8. After getting to the airport, i required special assistance since my e-ticket didn't show my ticket. Then i got back in line by the front entrance. The line snaked up an down, up and down the entire length of the check-in area in the longest security line i have ever in my lifetime experience. (But it went fast which was good)
9. I arrived at the gate as they were boarding (that was good too but since i was feeling foul i took it as ALMOST BAD)
10. My next door seatmate was a screaming 1 year child.
Did i say SCREA M I N G?!
11. I thought for sure we were going to die when the plane took off. I didn’t know it was possible to have turbulence while still over the runway, but apparently you can. Our plane was so severely jostled about on the take-off, it seemed we might just bounce right back on the ground. Good lord. I spent the next couple hours trying to calm down from the terror. I think i swalled my stomach.
12. After that i was forced to decid against my wishes that i ... may not like flying... i never wanted to say that..It seems so final and pessimisstic. Its gives me more ammunition to believe i’m getting old and stodgy and afraid.... Then, while sitting in my clausterphobic airplane chair, i began to brainstorm how and when i may have lost my faith which of course further depressed myself
13. Strangely, I couldn’t sleep on the plane (i can sleep anywhere anyplace anytime!!! what the hell?! my greatest gift failed me!?!?)
14. At baggage claim, i discovered my nifty Hawaii suitcase was broken... The huge dent in the side didn't bother me so much, but since the handle won’t come out i can’t wheel it around... not such a big deal... so this almost didn’t make the list, but i thought it was in the spirit so there ya go...
15. Now i’m here sitting in baggage claim waiting for the Guru to call and tell me if she’ll be picking me up. Again, not such a big deal, but it sounded dramatic so i though i should include it. I actually rather enjoy this time to write and attempt to regroup.. ... (I gotta shake this off!!!) I wonder how many hours i’ve been here though?
16. The Guru is on her way and i am to stand outside in one hour and look for her. The Mr. (who was supposed to be leaving the state today to visit his ailing mother) has the flu and won’t be going. This is a problem. He is difficult. Very difficult.
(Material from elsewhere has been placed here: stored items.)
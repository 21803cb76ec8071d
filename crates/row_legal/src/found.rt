//! The best segment found so far.

ghost use Rattle.std.specs.Prelude.{◌≡◌, ◌<◌, ◌≤◌, ℕ, length, slice_index};
ghost use Rattle.row_space.specs.Values.{segment_at};
ghost use Rattle.row_space.specs.Ends.{IsGoodSegment, AreGoodSegments};
ghost use Rattle.row_legal.specs.Forms.Turns.{IsGoodTurn};
ghost use Rattle.row_legal.specs.Forms.Search.{Fits, IsFit, IsNoLater, cost_at, AreRooms};

use crate::cost::cost;
use crate::turns::Turn;
use row_space::Segment;

/// A segment with room for a cell, and what the cell costs there.
#[derive(Clone, Copy)]
pub(crate) struct Found {
    pub cost: u64,
    pub segment: usize,
}

/// Where a cell may go: the segments, the pitch, and the room left in each segment.
#[derive(Clone, Copy)]
pub(crate) struct Rows<'a> {
    pub segments: &'a [Segment],
    pub pitch: i64,
    pub rooms: &'a [u64],
}

/// The better one of what was found so far and one more segment, where that has room.
pub(crate) fn better(rows: &Rows<'_>, turn: &Turn, found: Option<Found>, s: usize) -> Option<Found>
    requires there { s < length rows.now.segments.now }
    requires good { AreGoodSegments rows.now.pitch rows.now.segments.now }
    requires rooms { AreRooms rows.now.segments.now rows.now.rooms.now }
    requires turn { IsGoodTurn turn.now }
    ensures fit { IsFit rows.now.pitch rows.now.segments.now (slice_index rows.now.rooms.now) turn.now found
        → IsFit rows.now.pitch rows.now.segments.now (slice_index rows.now.rooms.now) turn.now result }
    ensures kept { (cost t : ℕ) → IsNoLater found cost t → IsNoLater result cost t }
    ensures here { Fits rows.now.segments.now (slice_index rows.now.rooms.now) turn.now s
        → IsNoLater result (cost_at rows.now.pitch rows.now.segments.now turn.now s) s }
{
    if rows.rooms[s] < turn.sites.0 {
        return found;
    }
    let cost = cost(&rows.segments[s], rows.pitch, turn);
    if let Some(best) = found {
        if best.cost < cost || (best.cost == cost && best.segment <= s) {
            return found;
        }
    }
    Some(Found { cost, segment: s })
}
I will elaborate later, but this is not good news. And he’s sick. So, really not good news. Oh my.
17. I am so cold its getting hard to type
18. I wanna go home


If you can’t bitch on a blog, then where can you? Honestly i wouldn’t ever in a thousand years say this stuff to anyone i know. I don’t want to be perceived as a whiny jerk. I don’t wanna be a pain in the ass, i swear. I know i shouldn’t be and so i’m not. But, its not because i don’t feel it inside sometimes. So, this is where i will spew, and if its too tiresome to read, i feel assured that you will skip it. Phooey.

Hmmmm.. Do i feel better?

Maybe its a relief of some sorts... A release from under the weight of disgust. Its heavy load compacts me.

Shit.

15 minutes until she’s supposed to arrive.

Here we go.

What is going to happen?

God, I’m so nervous.

I’m so crazy crazy nervous!


Okay let me try to flip the switch. On the BRIGHT SIDE.

1. I stole a pair of United Airlines headphones! Thanks again for that voucher douchbags!
2. I finally got it together enough at the end of the flight to be a little friendly with cute little family next door. I smiled and help the 1 year repetitively pull out the air phone enough and slam me in the knee. They were nice people. He seemed like a sweet Dad and had a kind eyes and a interesting irish accent. She wore cute pants and moved out of the way when i needed to pee. Thanks cute couple. I appreciate that. I particularly appreciate that you kept your kid busy running up and down the aisle and thus prevented further episodes of screaming. That must have taken alot of work. Good effort. Also, thanks for reminding me why never to have kids. (Got that D?)
3. My video camera appears to still be broken. I thought for sure after making a last minute on the spot decision to check that bag i was doomed. I fretted and fretted all the way.
4. 2 little dollars got me this nifty little luggage cart that i can wheel my shiat around. The wheels are big and it moves real good with minimal effort. weeeee.
5. I wheeled around and around the baggage carriages until i found my own little bench next to plug where i plugged in my cell phone, this here laptop and charged up my camcorder
6. I’m stealing electricity from The Man which makes me happy. Particularly because the mans has close ties to United Airlines. That makes me happy. Very very happy.
7. D is probably just tired and in pain. He actually probably still likes me. I guess. Maybe he just doesn’t like talking on the phone.
8. I get to write my woes away with this post.
9. I resisted buying a Starbucks which demonstrated great frugality.
10. I’ve only spent 2 dollars today (on the cart. but i sorta needed that so that doesn’t really count does it?)
11. I don’t know for sure but i don’t think the coffee mugs broke
12. Since the Mr. is here, i’ll be able to give it to him today. That will make him happy
13. Only 4 minutes until 2:00 and i’ll get this nerve-wracking show on the road
14. i just realized i’m hungry. yay. that’s good news. i will try to re-establish listening to physical hunger as opposed to emotional..... i’m glad i’ve waited to eat though i’ve been sitting here for hours surrounded by goodies


ok, better go...

more soon!

hugs!

Indigo

2 comments:

Hannah said...

Don't worry, what you just had wasn't all that bad. I had the 1 year old, screaming, with two Spanish ladies who didn't speak any English, who threw up all over me and himself. :)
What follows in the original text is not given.